What would your message be for students about to start developing or using novel techniques in Molecular Ecology? The development of novel approaches is a key part of advancing biological knowledge, but it can be a daunting endeavor given the breadth and scope of the scientific literature nowadays. Integrating multiple approaches, on the other hand, can equally help to advance our knowledge and provide opportunities to address long-standing questions. This is the direction we took in this paper. My personal view is that students should to try to master multiple techniques (assemble a toolkit, so to speak) and apply those techniques to fundamental problems.

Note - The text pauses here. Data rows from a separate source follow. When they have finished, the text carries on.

// The connection under its number, the clock and the tree.
ghost use Rattle.std.specs.Prelude.{◌≡◌, ◌≤◌, ◌<◌, ◌&&◌, not, ℕ, Bool, true, false, [], List};
ghost use Rattle.ngx_outside.specs.Views.{Steps, OpensIf, CountsHeld, LeftBy, CountsRefused, OneSteps, Ticked, TakesNone, now_after, kept_moment, ended_after};
ghost use Rattle.ngx_outside.specs.declared.event.StepAnswer.TheVariants.{Skipped};
ghost use Rattle.plain_core.specs.Lines.{course_of};
ghost use Rattle.plain_core.specs.Shown.{Arrives, Ends, Writes, Fails, Runs, Goes, LeftTaken, LeftLower, LeftKept, TakesNo, Joins, Leaves, crowd_of, is_absent_at};
ghost use Rattle.plain_core.specs.Held.{view_of, now_of, fresh_of, opens_of, left_of, price_at, refused_of, Begins, LeftBegun, RefusedBy, KeepsEnds, Ending, conns_of, wants_of_state, first_of};
ghost use Rattle.ngx_outside.specs.Wants.{first_doable};

use crate::conn::{Conn, ROOM};
use ngx_outside::{Event, StepAnswer, Want};

/// The last second of the year 9999.
const LAST_MOMENT: u64 = 253402300799;

#[derive(Drop)]
pub(crate) struct State {
    pub(crate) number: u32,
    pub(crate) conn: Conn,
    pub(crate) moment: u64,
    pub(crate) tree: u64,
    pub(crate) refused: u64,
}

// Counts an event that was refused.
fn count(refused: &mut u64, answer: StepAnswer)
    ensures { RefusedBy answer refused.old refused.new }
{
    match answer {
        StepAnswer::Done { taken: _ } => {}
        StepAnswer::Skipped => {}
        StepAnswer::OutOfMemory => *refused = refused.saturating_add(1),
    }
}

// What may be done on a connection: it reads, a request can start, bytes are pending, its link is to be closed.
#[derive(Clone, Copy)]
struct Doings {
    reads: bool,
    runs: bool,
    writes: bool,
    shut: bool,
}

// The first want that can be served, where its link is due to be read or not, and full or not.
fn first_want(conn: u32, due: bool, full: bool, may: Doings) -> Option<Want>
    ensures { result ≡ first_of conn (due && may.reads) may.runs (not full && may.writes) may.shut }
{
    if due && may.reads {
        Some(Want::Read { conn, room: ROOM })
    } else if may.runs {
        Some(Want::Run { conn, node: 0 })
    } else if !full && may.writes {
        Some(Want::Write { conn })
    } else if may.shut {
        Some(Want::Close { conn })
    } else {
        None
    }
}

impl State {
    fn opened(&mut self, conn: u32) -> StepAnswer
        ensures steps { OneSteps conn (Begins (course_of self.old.conn.reply [] [] []) result)
            (view_of self.old) (view_of self.new) }
        ensures ended { KeepsEnds (view_of self.old) (view_of self.new) }
        ensures taken { TakesNo result }
        ensures opens { result ≡ Skipped → is_absent_at self.old.conn.life ≡ false }
        ensures done { (result ≡ Skipped → ⊥) → is_absent_at self.old.conn.life ≡ true }
        ensures left { LeftBegun (price_at self.old) result (left_of self.old) (left_of self.new) }
        ensures now { now_of self.new ≡ now_of self.old }
        ensures held { Joins result (crowd_of self.old.conn.life) (crowd_of self.new.conn.life) }
        ensures reply { self.new.conn.reply ≡ self.old.conn.reply }
        ensures refused { RefusedBy result self.old.refused self.new.refused }
    {
        if !self.conn.is_absent() {
            return StepAnswer::Skipped;
        }
        self.number = conn;
        self.conn.open(self.moment);
        StepAnswer::Done { taken: 0 }
    }

    fn arrived(&mut self, conn: u32, bytes: &[u8]) -> StepAnswer
        ensures steps { OneSteps conn (Arrives (now_of self.old) bytes.now result)
            (view_of self.old) (view_of self.new) }
        ensures ended { KeepsEnds (view_of self.old) (view_of self.new) }
        ensures left { LeftTaken (price_at self.old) result (left_of self.old) (left_of self.new) }
        ensures now { now_of self.new ≡ now_of self.old }
        ensures held { crowd_of self.new.conn.life ≡ crowd_of self.old.conn.life }
        ensures reply { self.new.conn.reply ≡ self.old.conn.reply }
        ensures refused { RefusedBy result self.old.refused self.new.refused }
    {
        if conn != self.number {
            return StepAnswer::Skipped;
        }
        let answer = self.conn.arrive(bytes, self.moment);
        count(&mut self.refused, answer);
        answer
    }

    fn ended(&mut self, conn: u32) -> StepAnswer
        ensures steps { OneSteps conn (Ends result) (view_of self.old) (view_of self.new) }
        ensures ended { Ending conn true result (view_of self.old) (view_of self.new) }
        ensures taken { TakesNo result }
        ensures left { LeftKept result (left_of self.old) (left_of self.new) }
        ensures now { now_of self.new ≡ now_of self.old }
        ensures held { crowd_of self.new.conn.life ≡ crowd_of self.old.conn.life }
        ensures reply { self.new.conn.reply ≡ self.old.conn.reply }
        ensures refused { self.new.refused ≡ self.old.refused }
    {
        if conn != self.number {
            return StepAnswer::Skipped;
        }
        self.conn.end()
    }

    fn wrote(&mut self, conn: u32, count: usize) -> StepAnswer
        ensures steps { OneSteps conn (Writes count result) (view_of self.old) (view_of self.new) }
        ensures ended { KeepsEnds (view_of self.old) (view_of self.new) }
        ensures taken { TakesNo result }
        ensures left { LeftLower result (left_of self.old) (left_of self.new) }
        ensures now { now_of self.new ≡ now_of self.old }
        ensures held { crowd_of self.new.conn.life ≡ crowd_of self.old.conn.life }
        ensures reply { self.new.conn.reply ≡ self.old.conn.reply }
        ensures refused { self.new.refused ≡ self.old.refused }
    {
        if conn != self.number {
            return StepAnswer::Skipped;
        }
        self.conn.wrote(count, self.moment)
    }

    fn failed(&mut self, conn: u32) -> StepAnswer
        ensures steps { OneSteps conn (Fails result) (view_of self.old) (view_of self.new) }
        ensures ended { KeepsEnds (view_of self.old) (view_of self.new) }
        ensures taken { TakesNo result }
        ensures left { LeftLower result (left_of self.old) (left_of self.new) }
        ensures now { now_of self.new ≡ now_of self.old }
        ensures held { crowd_of self.new.conn.life ≡ crowd_of self.old.conn.life }
        ensures reply { self.new.conn.reply ≡ self.old.conn.reply }
        ensures refused { self.new.refused ≡ self.old.refused }
    {
        if conn != self.number {
            return StepAnswer::Skipped;
        }
        self.conn.fail()
    }

    fn runs(&mut self, conn: u32, node: u32) -> StepAnswer
        ensures steps { OneSteps conn (Runs (now_of self.old) node result) (view_of self.old)
            (view_of self.new) }
        ensures ended { KeepsEnds (view_of self.old) (view_of self.new) }
        ensures taken { TakesNo result }
        ensures left { LeftLower result (left_of self.old) (left_of self.new) }
        ensures now { now_of self.new ≡ now_of self.old }
        ensures held { crowd_of self.new.conn.life ≡ crowd_of self.old.conn.life }
        ensures reply { self.new.conn.reply ≡ self.old.conn.reply }
        ensures refused { RefusedBy result self.old.refused self.new.refused }
    {
        if conn != self.number {
            return StepAnswer::Skipped;
        }
        let answer = self.conn.run(node, self.moment, self.tree);
        count(&mut self.refused, answer);
        answer
    }

    fn gone(&mut self, conn: u32) -> StepAnswer
        ensures steps { OneSteps conn (Goes result) (view_of self.old) (view_of self.new) }
        ensures ended { Ending conn false result (view_of self.old) (view_of self.new) }
        ensures taken { TakesNo result }
        ensures left { LeftLower result (left_of self.old) (left_of self.new) }
        ensures now { now_of self.new ≡ now_of self.old }
        ensures held { Leaves result (crowd_of self.old.conn.life) (crowd_of self.new.conn.life) }
        ensures reply { self.new.conn.reply ≡ self.old.conn.reply }
        ensures refused { self.new.refused ≡ self.old.refused }
    {
        if conn != self.number {
            return StepAnswer::Skipped;
        }
        self.conn.go()
    }

    fn ticked(&mut self, now: u64)
        ensures steps { (c : ℕ) → Ticked (kept_moment now) (view_of self.old c)
            (view_of self.new c) }
        ensures ended { KeepsEnds (view_of self.old) (view_of self.new) }
        ensures left { left_of self.new ≤ left_of self.old }
        ensures now { (self.new.moment ≡ kept_moment now) × (self.new.tree ≡ self.old.tree) }
        ensures held { crowd_of self.new.conn.life ≡ crowd_of self.old.conn.life }
        ensures reply { self.new.conn.reply ≡ self.old.conn.reply }
        ensures refused { self.new.refused ≡ self.old.refused }
    {
        let kept = now.min(LAST_MOMENT);
        self.moment = kept;
        self.conn.tick(kept);
    }

    /// The number of the connection, where one is held.
    pub(crate) fn conns(&self) -> &[u32]
        ensures { result.now ≡ conns_of self.now }
    {
        if self.conn.is_absent() {
            &[]
        } else {
            std::slice::from_ref(&self.number)
        }
    }

    /// The first want of the connection that can be served, where its link is due to be read or not, and full or not.
    pub(crate) fn next_want(&self, due: bool, full: bool) -> Option<Want>
        ensures { result ≡ first_doable due full (wants_of_state self.now) }
    {
        let may = Doings {
            reads: self.conn.reads(),
            runs: self.conn.can_run(),
            writes: !self.conn.pending().is_empty(),
            shut: self.conn.is_shut(),
        };
        first_want(self.number, due, full, may)
    }

    /// Gives it one event.
    pub(crate) fn happen(&mut self, event: Event) -> StepAnswer
        ensures steps { Steps (fresh_of self.old) (now_of self.old) event.entry result
            (view_of self.old) (view_of self.new) }
        ensures opens { OpensIf (opens_of self.old) event.entry result }
        ensures ended { (c : ℕ) → (view_of self.new c).ended ≡ ended_after event.entry result c
            (view_of self.old c).ended }
        ensures taken { TakesNone event.entry result }
        ensures now { now_of self.new ≡ now_after (now_of self.old) event.entry result }
        ensures left { LeftBy (price_at self.old) event.entry result (left_of self.old)
            (left_of self.new) }
        ensures refused { CountsRefused event.entry result (refused_of self.old)
            (refused_of self.new) }
        ensures held { CountsHeld event.entry result (crowd_of self.old.conn.life)
            (crowd_of self.new.conn.life) }
        ensures reply { self.new.conn.reply ≡ self.old.conn.reply }
    {
        match event {
            Event::Opened {
                conn,
                local: _,
                peer: _,
            } => self.opened(conn),
            Event::Arrived { conn, bytes } => self.arrived(conn, bytes),
            Event::Ended { conn } => self.ended(conn),
            Event::Wrote { conn, count } => self.wrote(conn, count),
            Event::LinkFailed { conn } => self.failed(conn),
            Event::FileDone {
                conn: _,
                node: _,
                answer: _,
            } => StepAnswer::Skipped,
            Event::JobFailed { conn: _, node: _ } => StepAnswer::Skipped,
            Event::Run { conn, node } => self.runs(conn, node),
            Event::Tick { now } => {
                self.ticked(now);
                StepAnswer::Done { taken: 0 }
            }
            Event::Tree { to } => {
                if to <= self.tree {
                    return StepAnswer::Skipped;
                }
                self.tree = to;
                StepAnswer::Done { taken: 0 }
            }
            Event::Gone { conn } => self.gone(conn),
        }
    }
}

Hopefully, it’s a lot of fun in the process and leads to interesting collaborations!

What have you learned about methods and resources development over the course of this project? We are entering a golden age of data-rich resources, in terms of spatial environmental data and genomics data. These increasingly provide the power to test refined hypotheses about evolutionary and ecological processes, and are becoming more accessible to all researchers. One of my favorite accomplishments in the paper is using genetic covariance data among populations (relatedness data) as a covariate in fitting morphology ~ environment models. The use of such population contrasts is important in controlling for non-independence in the data due to ancestry. While we have known about the importance of genetic covariance in hypothesis testing for some time (thanks to Joseph Felsentstein’s work), it is only recently possible to use genome-wide data. This provides very precise measures that are highly informative, and enabled us to rule out the role of genetic drift as a driver of wing pattern variation. 

Describe the significance of this research for the general scientific community in one sentence. Our research demonstrates that butterfly wing color patterns evolve in response local climate conditions, as a way to regulate body temperature.

Describe the significance of this research for your scientific community in one sentence. Our work demonstrates that elements of butterfly wing pattern phenotypes respond independently to different sources of selection, with climate variation acting on thermoregulatory ability as an important driver of butterfly color pattern.

Parnassius clodius basking to thermoregulate. Photo by Sean Schoville.

Zaman K, Hubert MK, Schoville SD. 2019. Testing the role of ecological selection on color pattern variation in the butterfly Parnassius clodius. Molecular Ecology 28:50586-5102.